> [Record set]
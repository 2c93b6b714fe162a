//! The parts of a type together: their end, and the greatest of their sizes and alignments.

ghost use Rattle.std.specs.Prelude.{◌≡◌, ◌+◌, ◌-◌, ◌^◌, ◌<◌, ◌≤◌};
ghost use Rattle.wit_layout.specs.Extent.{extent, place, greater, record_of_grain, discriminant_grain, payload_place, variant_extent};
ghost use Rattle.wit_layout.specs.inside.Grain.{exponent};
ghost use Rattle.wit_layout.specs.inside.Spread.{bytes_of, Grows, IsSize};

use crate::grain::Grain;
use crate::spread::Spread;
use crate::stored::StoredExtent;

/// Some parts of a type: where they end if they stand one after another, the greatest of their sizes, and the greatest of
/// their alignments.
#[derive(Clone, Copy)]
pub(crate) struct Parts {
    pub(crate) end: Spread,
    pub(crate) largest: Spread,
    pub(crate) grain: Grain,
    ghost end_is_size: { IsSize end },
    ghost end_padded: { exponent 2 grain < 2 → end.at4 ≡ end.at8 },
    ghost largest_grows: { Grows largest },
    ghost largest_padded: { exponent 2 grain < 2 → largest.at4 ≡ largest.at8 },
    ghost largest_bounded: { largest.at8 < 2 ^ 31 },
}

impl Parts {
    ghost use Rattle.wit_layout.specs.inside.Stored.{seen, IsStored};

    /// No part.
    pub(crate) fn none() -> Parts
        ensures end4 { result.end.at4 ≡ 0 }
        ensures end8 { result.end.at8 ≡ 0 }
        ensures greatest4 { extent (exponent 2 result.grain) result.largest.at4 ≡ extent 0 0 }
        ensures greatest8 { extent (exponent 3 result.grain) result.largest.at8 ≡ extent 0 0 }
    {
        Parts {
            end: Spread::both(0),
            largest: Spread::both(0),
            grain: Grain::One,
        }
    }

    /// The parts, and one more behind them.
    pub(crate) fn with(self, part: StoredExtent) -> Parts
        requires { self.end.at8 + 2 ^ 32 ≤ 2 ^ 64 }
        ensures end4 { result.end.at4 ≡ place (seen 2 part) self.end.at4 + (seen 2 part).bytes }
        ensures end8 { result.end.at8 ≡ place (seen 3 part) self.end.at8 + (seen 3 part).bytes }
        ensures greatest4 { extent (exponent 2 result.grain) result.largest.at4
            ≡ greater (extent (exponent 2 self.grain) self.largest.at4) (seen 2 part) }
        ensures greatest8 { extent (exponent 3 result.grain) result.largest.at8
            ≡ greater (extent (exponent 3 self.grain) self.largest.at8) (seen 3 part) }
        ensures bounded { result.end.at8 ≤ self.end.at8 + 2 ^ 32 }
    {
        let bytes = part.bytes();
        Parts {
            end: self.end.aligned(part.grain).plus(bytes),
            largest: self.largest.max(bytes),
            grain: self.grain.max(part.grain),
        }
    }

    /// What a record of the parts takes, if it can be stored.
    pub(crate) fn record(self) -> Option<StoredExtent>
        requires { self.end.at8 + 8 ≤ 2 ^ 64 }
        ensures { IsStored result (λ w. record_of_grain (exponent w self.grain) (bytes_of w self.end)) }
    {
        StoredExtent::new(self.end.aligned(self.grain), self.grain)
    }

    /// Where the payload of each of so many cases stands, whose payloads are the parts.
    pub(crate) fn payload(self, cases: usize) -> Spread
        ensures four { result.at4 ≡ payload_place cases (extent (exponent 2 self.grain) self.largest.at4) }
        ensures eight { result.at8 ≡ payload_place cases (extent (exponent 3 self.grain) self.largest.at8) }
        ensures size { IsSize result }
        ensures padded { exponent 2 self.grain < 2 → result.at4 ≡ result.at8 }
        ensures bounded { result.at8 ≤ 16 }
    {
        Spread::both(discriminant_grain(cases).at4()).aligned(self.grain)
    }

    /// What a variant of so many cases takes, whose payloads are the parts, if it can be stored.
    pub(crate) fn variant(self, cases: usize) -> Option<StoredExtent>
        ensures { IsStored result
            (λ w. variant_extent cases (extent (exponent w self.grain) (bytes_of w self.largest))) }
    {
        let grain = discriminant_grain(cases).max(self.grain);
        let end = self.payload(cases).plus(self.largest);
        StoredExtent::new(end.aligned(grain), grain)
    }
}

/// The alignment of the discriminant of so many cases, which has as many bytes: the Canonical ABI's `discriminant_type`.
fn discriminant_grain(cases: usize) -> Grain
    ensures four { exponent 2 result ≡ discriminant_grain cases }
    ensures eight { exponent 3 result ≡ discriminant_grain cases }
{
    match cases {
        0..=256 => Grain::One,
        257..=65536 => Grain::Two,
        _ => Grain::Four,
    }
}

* * *

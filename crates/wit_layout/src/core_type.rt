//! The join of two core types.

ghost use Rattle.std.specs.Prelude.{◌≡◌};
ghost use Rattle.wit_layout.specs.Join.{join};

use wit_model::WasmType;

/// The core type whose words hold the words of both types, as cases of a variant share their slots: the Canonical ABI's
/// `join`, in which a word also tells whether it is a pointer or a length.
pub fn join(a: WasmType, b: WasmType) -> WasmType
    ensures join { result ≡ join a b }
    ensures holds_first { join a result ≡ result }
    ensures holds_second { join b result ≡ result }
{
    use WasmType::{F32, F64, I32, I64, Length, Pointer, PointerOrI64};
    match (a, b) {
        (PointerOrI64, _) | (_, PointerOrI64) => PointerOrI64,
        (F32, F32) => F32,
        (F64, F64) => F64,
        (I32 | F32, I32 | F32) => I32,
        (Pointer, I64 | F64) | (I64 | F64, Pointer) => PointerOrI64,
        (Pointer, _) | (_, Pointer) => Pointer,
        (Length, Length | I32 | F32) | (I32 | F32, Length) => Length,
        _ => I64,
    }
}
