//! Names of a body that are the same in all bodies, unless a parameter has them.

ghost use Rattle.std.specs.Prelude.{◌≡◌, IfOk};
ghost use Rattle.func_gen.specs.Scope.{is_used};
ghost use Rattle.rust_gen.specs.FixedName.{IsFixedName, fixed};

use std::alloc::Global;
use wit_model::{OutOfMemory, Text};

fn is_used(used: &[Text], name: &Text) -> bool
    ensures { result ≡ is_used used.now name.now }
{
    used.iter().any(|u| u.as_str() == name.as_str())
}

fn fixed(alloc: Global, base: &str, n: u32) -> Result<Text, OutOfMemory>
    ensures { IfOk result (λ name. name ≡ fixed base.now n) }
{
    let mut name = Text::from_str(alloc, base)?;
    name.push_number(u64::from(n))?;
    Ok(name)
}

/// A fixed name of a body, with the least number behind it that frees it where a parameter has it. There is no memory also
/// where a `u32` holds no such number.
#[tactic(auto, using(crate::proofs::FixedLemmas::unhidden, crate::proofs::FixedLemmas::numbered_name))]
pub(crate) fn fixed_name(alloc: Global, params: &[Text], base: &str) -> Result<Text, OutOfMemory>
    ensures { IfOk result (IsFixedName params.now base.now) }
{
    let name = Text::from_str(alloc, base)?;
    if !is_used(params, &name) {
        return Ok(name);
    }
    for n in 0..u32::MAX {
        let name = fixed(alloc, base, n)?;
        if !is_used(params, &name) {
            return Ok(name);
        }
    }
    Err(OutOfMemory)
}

> [What you are asked to do]
Produce only the lines from the line containing "match (a, b)" through the line containing "(Pointer, I64 |", inclusive of both, exactly as they stand in the entries above.

> [Response below]
    match (a, b) {
        (PointerOrI64, _) | (_, PointerOrI64) => PointerOrI64,
        (F32, F32) => F32,
        (F64, F64) => F64,
        (I32 | F32, I32 | F32) => I32,
        (Pointer, I64 | F64) | (I64 | F64, Pointer) => PointerOrI64,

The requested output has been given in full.